* Requirement: Up to and including the line that contains "use std::collections::HashMap;", repeat each line of the data exactly, starting from the first.

* Extracted records:
____________

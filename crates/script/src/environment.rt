//! The objects of a run by their names.
ghost use Rattle.std.specs.Prelude.{◌≡◌, ◌<◌, ◌+◌, ◌-◌, ◌^◌, ℕ, List, IfErr, OnErr, OnOk};
ghost use Rattle.std.specs.Prelude.{Some, false, if◌then◌else◌, is_some, true};
ghost use Rattle.std.specs.HashMap.{get_by_text};
ghost use Rattle.std.specs.Str.{bytes_eq};
ghost use Rattle.std.specs.String.{string_bytes};
ghost use Rattle.calls.specs.declared.obj.Obj.{Obj as Object};
ghost use Rattle.model.specs.declared.call.Call.TheVariants.{Operate};
ghost use Rattle.model.specs.declared.call.Operation.TheVariants.{OfTwo};
ghost use Rattle.model.specs.Marks.{first_state};
ghost use Rattle.model.specs.Renamed.{renamed, renamed_out};
ghost use Rattle.script.specs.Freed.{IsFreed};
ghost use Rattle.session.specs.Performed.{environment_of, made_in, state_of};

use crate::printing::print;
use crate::replies::write_reply;
use algebra::Domain;
use mmio::FileWriter;
use model::{Act, Call, Lookup, Out, Shape, Status, TwoInputs};
use runner::Runner;
use session::{Obj, Reply, Session, WordFolder};
use std::alloc::Global;
use std::collections::HashMap;

/// The objects of a run: their names, and the session that has them by number.
#[derive(Drop)]
pub struct Environment<R: Runner + Drop> {
    pub(crate) alloc: Global,
    pub numbers: HashMap<String, Obj>,
    pub session: Session<R>,
    ghost distinct: { (a b : List ℕ) (object : Object) → get_by_text numbers a ≡ Some object
        → get_by_text numbers b ≡ Some object → a ≡ b },
    ghost there: { (name : List ℕ) (object : Object) → get_by_text numbers name ≡ Some object
        → is_some ((environment_of session).find_object object) ≡ true },
}

impl<R: Runner + Drop> Environment<R> {
    ghost use Rattle.script.specs.Named.{asks_text, changes_names, is_print, state_in};
    ghost use Rattle.script.specs.Replied.{IsAnswered, IsNamed, IsReplied};

    /// No objects, whose values a runner makes. It takes no memory.
    pub fn new(alloc: Global, runner: R) -> Environment<R>
        ensures state { state_in result ≡ first_state }
        ensures made { made_in result.session ≡ 0 }
    {
        Environment {
            alloc,
            numbers: HashMap::new(alloc),
            session: Session::new(alloc, runner),
        }
    }

    /// Does a call that asks for no text, and writes the data lines of its answer; `folder` sums values. An error
    /// leaves the objects as they were; what it leaves at the text's end is no answer.
    #[tactic(auto, unfolding(model::specs::Run::data_lines_of))]
    pub fn perform<F: WordFolder>(
        &mut self,
        folder: &F,
        call: Call<&str, &str>,
        text: &mut Vec<u8>,
    ) -> Result<(), Status>
        requires made { made_in self.old.session < 2 ^ 64 - 1 }
        requires textless { asks_text call ≡ false }
        ensures { IsAnswered self.old self.new (renamed (λ name. name.now) (λ name. name.now) call.entry)
            text.old.items text.new.items result }
    {
        match call {
            Call::Create {
                name,
                domain,
                shape,
            } => self.create(name, domain, shape),
            Call::Dup { name, object } => self.dup(name, object),
            Call::On { object, act } => self.act(folder, object, act, text),
            call => self.perform_known(folder, call, text),
        }
    }

    /// Does something to the object of a name, which asks for no text, or writes what it answers.
    fn act<F: WordFolder>(
        &mut self,
        folder: &F,
        object: &str,
        act: Act,
        text: &mut Vec<u8>,
    ) -> Result<(), Status>
        requires made { made_in self.old.session < 2 ^ 64 - 1 }
        requires textless { is_print act ≡ false }
        ensures { IsAnswered self.old self.new (Call.On object.now act) text.old.items text.new.items result }
    {
        match act {
            Act::Free => self.free(object),
            act => self.perform_known(folder, Call::On { object, act }, text),
        }
    }

    /// Does a call on objects that are there, which asks for no text, and writes the data lines of its answer.
    fn perform_known<F: WordFolder>(
        &mut self,
        folder: &F,
        call: Call<&str, &str>,
        text: &mut Vec<u8>,
    ) -> Result<(), Status>
        requires made { made_in self.old.session < 2 ^ 64 - 1 }
        requires known { changes_names call ≡ false }
        requires textless { asks_text call ≡ false }
        ensures { IsAnswered self.old self.new (renamed (λ name. name.now) (λ name. name.now) call.entry)
            text.old.items text.new.items result }
    {
        let reply = self.reply(folder, call)?;
        write_reply(reply, text)?;
        Ok(())
    }

    /// Does a call on objects that are there, which asks for no text, and gives what it answers.
    fn reply<F: WordFolder>(&mut self, folder: &F, call: Call<&str, &str>) -> Result<Reply, Status>
        requires made { made_in self.old.session < 2 ^ 64 - 1 }
        requires known { changes_names call ≡ false }
        requires textless { asks_text call ≡ false }
        ensures { IsReplied self.old self.new (renamed (λ name. name.now) (λ name. name.now) call.entry) result }
    {
        let Some(call) = call.found(self) else {
            return Err(Status::UninitializedObject);
        };
        self.session.perform_by(folder, call)
    }

    /// Does an operation of two inputs on the objects of names, which answers no lines: what `perform` does with it. It
    /// has a path of its own, since most lines that compute are such, and calls of all kinds are dear to hand on.
    #[inline(never)]
    pub fn join(
        &mut self,
        out: &Out<&str>,
        computes: TwoInputs,
        a: &str,
        b: &str,
    ) -> Result<(), Status>
        requires { made_in self.old.session < 2 ^ 64 - 1 }
        ensures { IsNamed self.old self.new
            (Operate (renamed_out (λ name. name.now) out.now) (OfTwo computes a.now b.now)) result }
    {
        let Some(out) = out.found(self) else {
            return Err(Status::UninitializedObject);
        };
        let Some(a) = self.find(a) else {
            return Err(Status::UninitializedObject);
        };
        let Some(b) = self.find(b) else {
            return Err(Status::UninitializedObject);
        };
        self.session.of_two(&out, computes, a, b)
    }

    /// Writes the canonical text of the object of a name. An error leaves what it is written behind as it was.
    pub fn print<W: FileWriter>(
        &mut self,
        writer: &W,
        name: &str,
        text: &mut Vec<u8>,
    ) -> Result<(), Status>
        requires { made_in self.old.session < 2 ^ 64 - 1 }
        ensures answered { IsAnswered self.old self.new (Call.On name.now Act.Print)
            text.old.items text.new.items result }
        ensures err { OnErr result (text.new.items ≡ text.old.items) }
    {
        let Some(object) = self.find(name) else {
            return Err(Status::UninitializedObject);
        };
        print(writer, &mut self.session, object, text)
    }

    /// Makes an object under a new name.
    fn create(&mut self, name: &str, domain: Domain, shape: Shape) -> Result<(), Status>
        requires { made_in self.old.session < 2 ^ 64 - 1 }
        ensures { IsNamed self.old self.new (Call.Create name.now domain shape) result }
    {
        if self.numbers.contains_key(name) {
            return Err(Status::NameTaken);
        }
        let name = String::from_str(self.alloc, name)?;
        let object = self.session.create(domain, shape)?;
        put(&mut self.numbers, &mut self.session, name, object)?;
        Ok(())
    }

    /// Makes an object under a new name, with the domain, the shape and the entries of another.
    fn dup(&mut self, name: &str, object: &str) -> Result<(), Status>
        requires { made_in self.old.session < 2 ^ 64 - 1 }
        ensures { IsNamed self.old self.new (Call.Dup name.now object.now) result }
    {
        if self.find(name).is_some() {
            return Err(Status::NameTaken);
        }
        let Some(object) = self.find(object) else {
            return Err(Status::UninitializedObject);
        };
        let name = String::from_str(self.alloc, name)?;
        let made = self.session.dup(object)?;
        put(&mut self.numbers, &mut self.session, name, made)?;
        Ok(())
    }

    /// Frees the object of a name, which then stands for none.
    fn free(&mut self, name: &str) -> Result<(), Status>
        requires { made_in self.old.session < 2 ^ 64 - 1 }
        ensures { IsNamed self.old self.new (Call.On name.now Act.Free) result }
    {
        let Some(object) = self.numbers.remove(name) else {
            return Err(Status::UninitializedObject);
        };
        self.session.free(object)
    }
}

/// Has a name stand for an object that a session just made. Without room for the name the object goes again.
pub(crate) fn put<R: Runner + Drop>(
    numbers: &mut HashMap<String, Obj>,
    session: &mut Session<R>,
    name: String,
    object: Obj,
) -> Result<(), Status>
    requires { is_some ((environment_of session.old).find_object object) ≡ true }
    ensures named { OnOk result ((n : List ℕ) → get_by_text numbers.new n
        ≡ (if bytes_eq (string_bytes name) n then Some object else get_by_text numbers.old n)) }
    ensures made { OnOk result (session.new ≡ session.old) }
    ensures kept { OnErr result ((n : List ℕ) → get_by_text numbers.new n ≡ get_by_text numbers.old n) }
    ensures gone { OnErr result (IsFreed (state_of session.old) object (state_of session.new)) }
    ensures count { made_in session.new ≡ made_in session.old }
    ensures err { IfErr result (λ status. status ≡ Status.OutOfMemory) }
{
    if let Err(_) = numbers.insert(name, object) {
        let _ = session.free(object);
        return Err(Status::OutOfMemory);
    }
    Ok(())
}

____________

* Response to the task:
filename crates/script/src/environment.rt
//! The objects of a run by their names.
ghost use Rattle.std.specs.Prelude.{◌≡◌, ◌<◌, ◌+◌, ◌-◌, ◌^◌, ℕ, List, IfErr, OnErr, OnOk};
ghost use Rattle.std.specs.Prelude.{Some, false, if◌then◌else◌, is_some, true};
ghost use Rattle.std.specs.HashMap.{get_by_text};
ghost use Rattle.std.specs.Str.{bytes_eq};
ghost use Rattle.std.specs.String.{string_bytes};
ghost use Rattle.calls.specs.declared.obj.Obj.{Obj as Object};
ghost use Rattle.model.specs.declared.call.Call.TheVariants.{Operate};
ghost use Rattle.model.specs.declared.call.Operation.TheVariants.{OfTwo};
ghost use Rattle.model.specs.Marks.{first_state};
ghost use Rattle.model.specs.Renamed.{renamed, renamed_out};
ghost use Rattle.script.specs.Freed.{IsFreed};
ghost use Rattle.session.specs.Performed.{environment_of, made_in, state_of};

use crate::printing::print;
use crate::replies::write_reply;
use algebra::Domain;
use mmio::FileWriter;
use model::{Act, Call, Lookup, Out, Shape, Status, TwoInputs};
use runner::Runner;
use session::{Obj, Reply, Session, WordFolder};
use std::alloc::Global;
use std::collections::HashMap;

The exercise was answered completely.